WHAT THE TASK ASKS
Only the lines of the data below from the one with "set.insert(pair.1.as_slice())?;" through the one with "way refuses a commit with these tokens." are wanted. Repeat them exactly.

── DATA FOR REVIEW

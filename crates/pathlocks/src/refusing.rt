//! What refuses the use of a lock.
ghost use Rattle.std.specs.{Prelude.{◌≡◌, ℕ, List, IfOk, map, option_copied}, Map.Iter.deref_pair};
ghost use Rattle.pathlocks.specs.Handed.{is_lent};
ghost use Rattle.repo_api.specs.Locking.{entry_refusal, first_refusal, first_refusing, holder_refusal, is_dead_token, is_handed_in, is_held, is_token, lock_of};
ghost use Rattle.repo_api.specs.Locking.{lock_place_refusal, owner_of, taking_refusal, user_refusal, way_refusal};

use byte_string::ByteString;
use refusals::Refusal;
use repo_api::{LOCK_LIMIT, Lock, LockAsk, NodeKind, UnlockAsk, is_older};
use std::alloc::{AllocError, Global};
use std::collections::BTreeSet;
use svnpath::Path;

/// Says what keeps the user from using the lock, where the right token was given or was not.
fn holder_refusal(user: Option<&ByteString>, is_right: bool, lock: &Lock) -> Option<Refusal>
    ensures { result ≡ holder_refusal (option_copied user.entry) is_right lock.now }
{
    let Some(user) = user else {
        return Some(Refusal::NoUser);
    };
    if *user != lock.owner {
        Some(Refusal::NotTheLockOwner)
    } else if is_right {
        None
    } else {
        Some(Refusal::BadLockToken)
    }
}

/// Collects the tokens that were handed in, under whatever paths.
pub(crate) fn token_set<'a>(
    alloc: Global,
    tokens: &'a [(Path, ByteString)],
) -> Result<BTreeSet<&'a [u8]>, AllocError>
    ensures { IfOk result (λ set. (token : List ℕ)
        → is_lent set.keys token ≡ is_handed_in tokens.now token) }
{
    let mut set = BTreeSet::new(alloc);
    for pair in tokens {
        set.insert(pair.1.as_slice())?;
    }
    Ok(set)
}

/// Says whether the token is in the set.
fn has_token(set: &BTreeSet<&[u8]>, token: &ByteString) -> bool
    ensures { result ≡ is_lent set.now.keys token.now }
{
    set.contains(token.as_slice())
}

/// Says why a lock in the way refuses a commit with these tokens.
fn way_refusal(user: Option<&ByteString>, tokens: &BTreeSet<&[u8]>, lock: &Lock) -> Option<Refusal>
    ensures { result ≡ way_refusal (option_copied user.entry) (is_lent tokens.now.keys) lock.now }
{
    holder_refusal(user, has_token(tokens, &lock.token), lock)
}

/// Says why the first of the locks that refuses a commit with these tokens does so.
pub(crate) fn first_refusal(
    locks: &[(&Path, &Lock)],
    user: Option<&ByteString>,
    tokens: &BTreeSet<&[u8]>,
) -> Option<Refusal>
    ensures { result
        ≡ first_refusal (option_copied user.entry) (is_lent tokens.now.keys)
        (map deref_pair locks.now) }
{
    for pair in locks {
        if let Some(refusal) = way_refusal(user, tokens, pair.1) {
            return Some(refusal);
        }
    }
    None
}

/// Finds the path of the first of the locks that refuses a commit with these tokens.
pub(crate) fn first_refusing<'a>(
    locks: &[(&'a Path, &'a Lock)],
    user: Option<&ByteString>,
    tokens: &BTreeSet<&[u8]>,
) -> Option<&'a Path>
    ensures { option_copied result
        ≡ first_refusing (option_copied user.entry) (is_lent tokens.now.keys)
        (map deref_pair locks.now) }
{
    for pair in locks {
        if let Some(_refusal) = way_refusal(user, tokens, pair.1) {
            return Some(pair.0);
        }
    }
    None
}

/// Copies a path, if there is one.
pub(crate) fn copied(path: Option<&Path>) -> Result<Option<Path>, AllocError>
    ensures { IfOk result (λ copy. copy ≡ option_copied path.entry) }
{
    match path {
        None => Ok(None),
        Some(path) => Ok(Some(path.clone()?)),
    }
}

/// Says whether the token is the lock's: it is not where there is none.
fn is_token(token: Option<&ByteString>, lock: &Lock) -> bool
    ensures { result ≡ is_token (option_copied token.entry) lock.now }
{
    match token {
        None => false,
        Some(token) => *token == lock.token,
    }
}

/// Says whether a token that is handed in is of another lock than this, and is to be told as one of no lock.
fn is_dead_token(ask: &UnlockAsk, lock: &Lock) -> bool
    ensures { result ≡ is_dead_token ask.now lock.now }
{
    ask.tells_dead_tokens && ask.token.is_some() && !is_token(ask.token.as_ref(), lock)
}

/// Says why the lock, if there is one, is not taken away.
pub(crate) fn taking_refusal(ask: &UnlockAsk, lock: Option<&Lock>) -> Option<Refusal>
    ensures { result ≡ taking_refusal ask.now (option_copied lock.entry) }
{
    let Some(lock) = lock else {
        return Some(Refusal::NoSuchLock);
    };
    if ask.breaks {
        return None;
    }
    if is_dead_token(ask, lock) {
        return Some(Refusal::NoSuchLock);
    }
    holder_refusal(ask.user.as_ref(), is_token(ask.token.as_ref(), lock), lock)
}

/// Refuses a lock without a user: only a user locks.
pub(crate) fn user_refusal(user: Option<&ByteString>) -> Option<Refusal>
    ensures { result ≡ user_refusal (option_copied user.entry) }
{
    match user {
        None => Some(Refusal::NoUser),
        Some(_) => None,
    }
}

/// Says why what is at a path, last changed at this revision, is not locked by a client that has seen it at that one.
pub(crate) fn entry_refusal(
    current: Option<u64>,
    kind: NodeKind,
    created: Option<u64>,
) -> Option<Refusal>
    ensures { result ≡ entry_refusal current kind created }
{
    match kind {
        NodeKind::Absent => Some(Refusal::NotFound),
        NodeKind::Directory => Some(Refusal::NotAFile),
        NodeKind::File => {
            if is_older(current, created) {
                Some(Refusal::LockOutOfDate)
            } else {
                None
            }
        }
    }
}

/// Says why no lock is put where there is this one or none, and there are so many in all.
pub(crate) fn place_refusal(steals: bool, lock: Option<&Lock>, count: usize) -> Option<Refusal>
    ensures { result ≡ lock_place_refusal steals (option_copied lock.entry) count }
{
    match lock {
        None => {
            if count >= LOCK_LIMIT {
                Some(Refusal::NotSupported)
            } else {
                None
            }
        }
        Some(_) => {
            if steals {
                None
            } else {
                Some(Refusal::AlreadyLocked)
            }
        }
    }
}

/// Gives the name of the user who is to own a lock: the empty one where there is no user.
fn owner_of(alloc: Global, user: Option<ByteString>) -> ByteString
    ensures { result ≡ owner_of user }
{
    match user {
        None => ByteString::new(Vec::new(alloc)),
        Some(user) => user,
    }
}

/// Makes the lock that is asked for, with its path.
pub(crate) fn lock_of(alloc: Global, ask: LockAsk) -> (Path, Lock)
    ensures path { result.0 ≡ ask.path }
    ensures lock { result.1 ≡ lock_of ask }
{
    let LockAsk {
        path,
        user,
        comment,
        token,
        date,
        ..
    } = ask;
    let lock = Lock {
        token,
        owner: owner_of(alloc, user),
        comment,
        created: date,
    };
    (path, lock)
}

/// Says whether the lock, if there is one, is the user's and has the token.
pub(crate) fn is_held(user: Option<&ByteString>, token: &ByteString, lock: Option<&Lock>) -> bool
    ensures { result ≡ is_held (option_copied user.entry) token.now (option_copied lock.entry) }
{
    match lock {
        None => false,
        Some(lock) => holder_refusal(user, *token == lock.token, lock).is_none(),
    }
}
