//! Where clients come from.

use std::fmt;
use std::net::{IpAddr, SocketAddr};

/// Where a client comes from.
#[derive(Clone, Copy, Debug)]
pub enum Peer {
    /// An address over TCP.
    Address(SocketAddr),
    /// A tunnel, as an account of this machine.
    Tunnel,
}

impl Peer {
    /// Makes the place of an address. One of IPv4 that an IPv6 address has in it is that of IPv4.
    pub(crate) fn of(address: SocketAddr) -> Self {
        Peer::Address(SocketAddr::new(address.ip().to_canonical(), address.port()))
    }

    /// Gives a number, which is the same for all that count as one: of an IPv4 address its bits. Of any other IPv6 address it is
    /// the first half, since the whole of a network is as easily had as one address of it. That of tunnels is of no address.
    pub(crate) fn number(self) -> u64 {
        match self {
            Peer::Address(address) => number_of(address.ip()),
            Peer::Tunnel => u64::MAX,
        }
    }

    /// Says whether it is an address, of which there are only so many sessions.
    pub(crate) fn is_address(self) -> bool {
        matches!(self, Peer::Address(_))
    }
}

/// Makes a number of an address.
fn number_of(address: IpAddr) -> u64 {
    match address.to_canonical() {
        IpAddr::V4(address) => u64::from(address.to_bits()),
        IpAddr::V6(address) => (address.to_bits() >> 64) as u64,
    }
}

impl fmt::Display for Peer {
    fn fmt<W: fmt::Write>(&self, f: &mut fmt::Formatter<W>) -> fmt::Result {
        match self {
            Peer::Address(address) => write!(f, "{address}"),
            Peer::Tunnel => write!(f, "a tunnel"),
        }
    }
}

────

EXERCISE OUTPUT
        set.insert(pair.1.as_slice())?;
    }
    Ok(set)
}

/// Says whether the token is in the set.
fn has_token(set: &BTreeSet<&[u8]>, token: &ByteString) -> bool
    ensures { result ≡ is_lent set.now.keys token.now }
{
    set.contains(token.as_slice())
}

/// Says why a lock in the way refuses a commit with these tokens.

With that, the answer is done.